H01.99.0434.
Datum uitspraak: 9 DEC. 1999
AFDELING
BESTUURSRECHTSPRAAK
Uitspraak op het hoger beroep van:
A en B te C, appellanten,
tegen de uitspraak van de arrondissementsrechtbank te Zutphen van 15 maart 1999 in het geding tussen: appellanten en de burgemeester van Winterswijk.
Bij besluit van 22 januari 1998 heeft de burgemeester van Winterswijk (hierna: de burgemeester) aan de klootschietvereniging "Regiogooiers" te Winterswijk op grond van artikel 2.1.4. 1. van de Algemene Plaatselijke Verordening vergunning verleend voor het houden van maximaal tien klootschietwedstrijden voor het jaar 1998 langs de route Huppelseweg, Greuneweg, Wandersweg, Poolserweg, Huppelseweg te Winterswijk.

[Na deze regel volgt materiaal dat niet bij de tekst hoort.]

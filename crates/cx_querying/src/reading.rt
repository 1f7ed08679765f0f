//! Reading a recording to its end, so that queries about it can be answered.

ghost use Rattle.std.specs.Prelude.{◌≡◌, List, ℕ, IfErr, IsSome, Ok};
ghost use Rattle.cx_io.specs.Cause.{HasCause};
ghost use Rattle.cx_codec.specs.Reads.{Begins, over, place_in};
ghost use Rattle.cx_log.specs.Reading.{start_of};
ghost use Rattle.cx_machine.specs.Machine.{IsMemory};
ghost use Rattle.cx_map.specs.Bytes.{AreBytes};
ghost use Rattle.cx_replay.specs.LogRecords.{IsBegun};
ghost use Rattle.cx_replay.specs.Records.{MayBeWhole};
ghost use Rattle.cx_words.specs.declared.question.Query.{Query};
ghost use Rattle.cx_commands.specs.Call.{input_behind};
ghost use Rattle.cx_commands.specs.Doing.{Consumes};
ghost use Rattle.cx_commands.specs.Inspect.{ReadsSeeker};
ghost use Rattle.cx_commands.specs.Opening.{begun_at};
ghost use Rattle.cx_commands.specs.Window.{IsReadRefusal, ReadAll};

use cx_commands::Status;
use cx_io::Source;
use cx_replay::Replay;
use cx_seek::Seeker;
use cx_telling::{Opening, open};
use std::alloc::Global;

// Reads the records of an opened recording, runs it, and keeps what seeking needs of it.
fn seek_opened<S: Source>(alloc: Global, opening: Opening, source: &mut S) -> Result<Seeker, Status>
    requires begun { IsBegun opening.reader }
    requires state { opening.machine.state ≡ opening.reader.header.start }
    requires memory { IsMemory opening.reader.header.pages opening.machine.memory }
    requires split { opening.machine.split ≡ opening.reader.header.split }
    ensures reads { IsSome (S.left source.old) → (queries : List Query) (input bytes : List ℕ)
        → Begins (S.given source.new) input → AreBytes bytes
        → begun_at (start_of bytes) ≡ Ok (
          record { header = opening.reader.header; memory = opening.machine.memory },
          place_in (over opening.reader.input (S.left source.old) (S.given source.old)) input,
        )
        → ReadsSeeker queries bytes (MayBeWhole (S.left source.new) (S.given source.new) input)
        (input ≡ S.given source.new) result }
    ensures consumes { IsSome (S.left source.old)
        → Consumes (S.left source.old) (S.given source.old) (S.left source.new) (S.given source.new) (ReadAll result) }
    ensures kind { IfErr result IsReadRefusal }
    ensures cause { HasCause Status.ReadFault (S.faults source.old) (S.faults source.new) result }
{
    let Opening { reader, machine } = opening;
    let header = *reader.header();
    let replay = Replay::of_log(alloc, reader, machine);
    let seeker = Seeker::open(alloc, replay, &header, source)?;
    Ok(seeker)
}

/// Reads a whole recording, runs it, and keeps what seeking needs of it.
pub(crate) fn read_seeker<S: Source>(alloc: Global, source: &mut S) -> Result<Seeker, Status>
    ensures reads { IsSome (S.left source.old) → (queries : List Query) (input : List ℕ)
        → Begins (S.given source.new) input → AreBytes (input_behind (S.given source.old) input)
        → ReadsSeeker queries (input_behind (S.given source.old) input)
        (MayBeWhole (S.left source.new) (S.given source.new) input) (input ≡ S.given source.new) result }
    ensures consumes { IsSome (S.left source.old)
        → Consumes (S.left source.old) (S.given source.old) (S.left source.new) (S.given source.new) (ReadAll result) }
    ensures kind { IfErr result IsReadRefusal }
    ensures cause { HasCause Status.ReadFault (S.faults source.old) (S.faults source.new) result }
{
    let opening = open(alloc, source)?;
    seek_opened(alloc, opening, source)
}
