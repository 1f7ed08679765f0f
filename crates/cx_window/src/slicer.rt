//! What is kept of a run for its window.

ghost use Rattle.std.specs.Prelude.{◌≡◌, ◌≤◌, ◌==◌, ◌++◌, length, true, IfOk, OnOk, Some};
ghost use Rattle.cx_map.specs.Map.{size_of_pages};
ghost use Rattle.cx_window.specs.Marks.{AddsMarks};
ghost use Rattle.cx_log.specs.Order.{IsHeader};
ghost use Rattle.cx_window.specs.Slice.{Finishes};
ghost use Rattle.cx_window.specs.Slicing.{IsFit, is_within, nothing_kept, window_events, window_reads};

use crate::marks::{blank, mark_reads};
use crate::slice::Slice;
use cx_hart::{Machine, Moment, StepRec};
use cx_io::NoMemory;
use cx_log::{Behind, Header, STEP_LIMIT};
use cx_replay::{DueRecords, KeptEvents};
use std::alloc::Global;
use std::marker::Model;

/// A slicer of the window from one step up to but not including another. It is handed a moment of the machine before
/// the window's first step, and shown the record of each step of the window; it marks the pages that these steps read,
/// and keeps their events.
#[derive(Drop)]
pub struct Slicer {
    alloc: Global,
    from: u64,
    to: u64,
    moment: Option<Moment>,
    marks: Vec<bool>,
    events: KeptEvents,
}

impl Model for Slicer {
    ghost use Rattle.cx_window.specs.Slicing.{Slicing};

    ghost Value = { Slicing };

    ghost view = { λ s. record {
      from = s.from;
      to = s.to;
      moment = s.moment;
      marks = s.marks.items;
      events = s.events;
    } };
}

impl Slicer {
    /// A slicer of RAM of so many pages, which was shown nothing yet.
    pub fn new(alloc: Global, pages: u32, from: u64, to: u64) -> Result<Slicer, NoMemory>
        ensures { IfOk result (λ s. s ≡ nothing_kept pages from to) }
    {
        let marks = blank(alloc, pages)?;
        Ok(Slicer {
            alloc,
            from,
            to,
            moment: None,
            marks,
            events: KeptEvents::new(alloc),
        })
    }

    /// Whether the window's first step is this one.
    pub fn starts_at(&self, step: u64) -> bool
        ensures { result ≡ (step == self.now.from) }
    {
        step == self.from
    }

    /// Whether this step is one of the window.
    pub fn has_step(&self, step: u64) -> bool
        ensures { result ≡ is_within self.now step }
    {
        self.from <= step && step < self.to
    }

    /// Hands it the moment of the machine before the window's first step.
    pub fn keep(&mut self, moment: Moment)
        ensures { self.new ≡ record self.old { moment = Some moment } }
    {
        self.moment = Some(moment);
    }

    /// Shows it the record of a step of the window, whether a mark stands at the step, and what was due to it. It takes
    /// memory where an event is kept.
    pub fn feed(
        &mut self,
        step: u64,
        rec: &StepRec,
        marked: bool,
        due: &DueRecords,
    ) -> Result<(), NoMemory>
        requires walked { rec.now.walked ≤ 6 }
        requires within { is_within self.old step ≡ true }
        ensures marks { AddsMarks self.old.marks self.new.marks (window_reads self.old step rec.now) }
        ensures events { OnOk result (self.new.events ≡ self.old.events ++ window_events self.old step marked due.now) }
        ensures same { self.new ≡ record self.old { marks = self.new.marks; events = self.new.events } }
    {
        mark_reads(&mut self.marks, rec);
        self.events
            .push_step(step, step != self.from && marked, due)
    }

    /// What was kept of a window of a recording with this header and of this machine; None exactly where no moment of
    /// the machine was kept before the window's first step, or the events that were kept aren't in order, as those of a
    /// recording are.
    pub(crate) fn finish(self, header: &Header, machine: Machine) -> Option<Slice>
        requires header { IsHeader header.now }
        requires fit { IsFit header.now.pages machine.saved self }
        requires size { length machine.memory ≡ size_of_pages header.now.pages }
        requires split { machine.split ≡ header.now.split }
        ensures { Finishes header.now machine.saved self result }
    {
        let moment = self.moment?;
        if self.from >= STEP_LIMIT {
            return None;
        }
        let start = *moment.state();
        let behind = Behind::at_start(self.from, &start);
        if !self.events.are_in_order(header.pages, &behind, self.to) {
            return None;
        }
        let header = Header {
            version: header.version,
            split: header.split,
            pages: header.pages,
            base: self.from,
            start,
            count: header.count,
        };
        Some(Slice::of(header, self.to, machine, moment, self.marks, self.events))
    }
}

Bij besluit van 28 mei 1998 heeft de burgemeester het hiertegen door appellanten gemaakte bezwaar ongegrond verklaard. Dit besluit en het advies van de Commissie bezwaar en beroep van 28 april 1998, waarnaar in het besluit wordt verwezen, zijn aangehecht.
Bij uitspraak van 15 maart 1999, verzonden op dezelfde datum, heeft de arrondissementsrechtbank te Zutphen (hierna: de rechtbank) het tegen dit besluit ingestelde beroep ongegrond verklaard. Deze uitspraak is aangehecht.
Tegen deze uitspraak hebben appellanten bij brief van 23 maart 1999, bij de Raad van State ingekomen op dezelfde datum, hoger beroep ingesteld. De gronden zijn aangevuld bij brief van 17 mei 1999. Deze brieven zijn aangehecht.
Bij brief van 28 juli 1999 heeft de burgemeester een memorie van antwoord ingediend.
De zaak is door een meervoudige kamer van de Afdeling verwezen naar een enkelvoudige.
De Afdeling heeft de zaak ter zitting behandeld op 2 november 1999, waar appellanten, vertegenwoordigd door A en bijgestaan door mr F.J.M. Kobossen, advocaat te Deventer, en de burgemeester, vertegenwoordigd door J.G. Krosenbrink, ambtenaar der gemeente, zijn verschenen.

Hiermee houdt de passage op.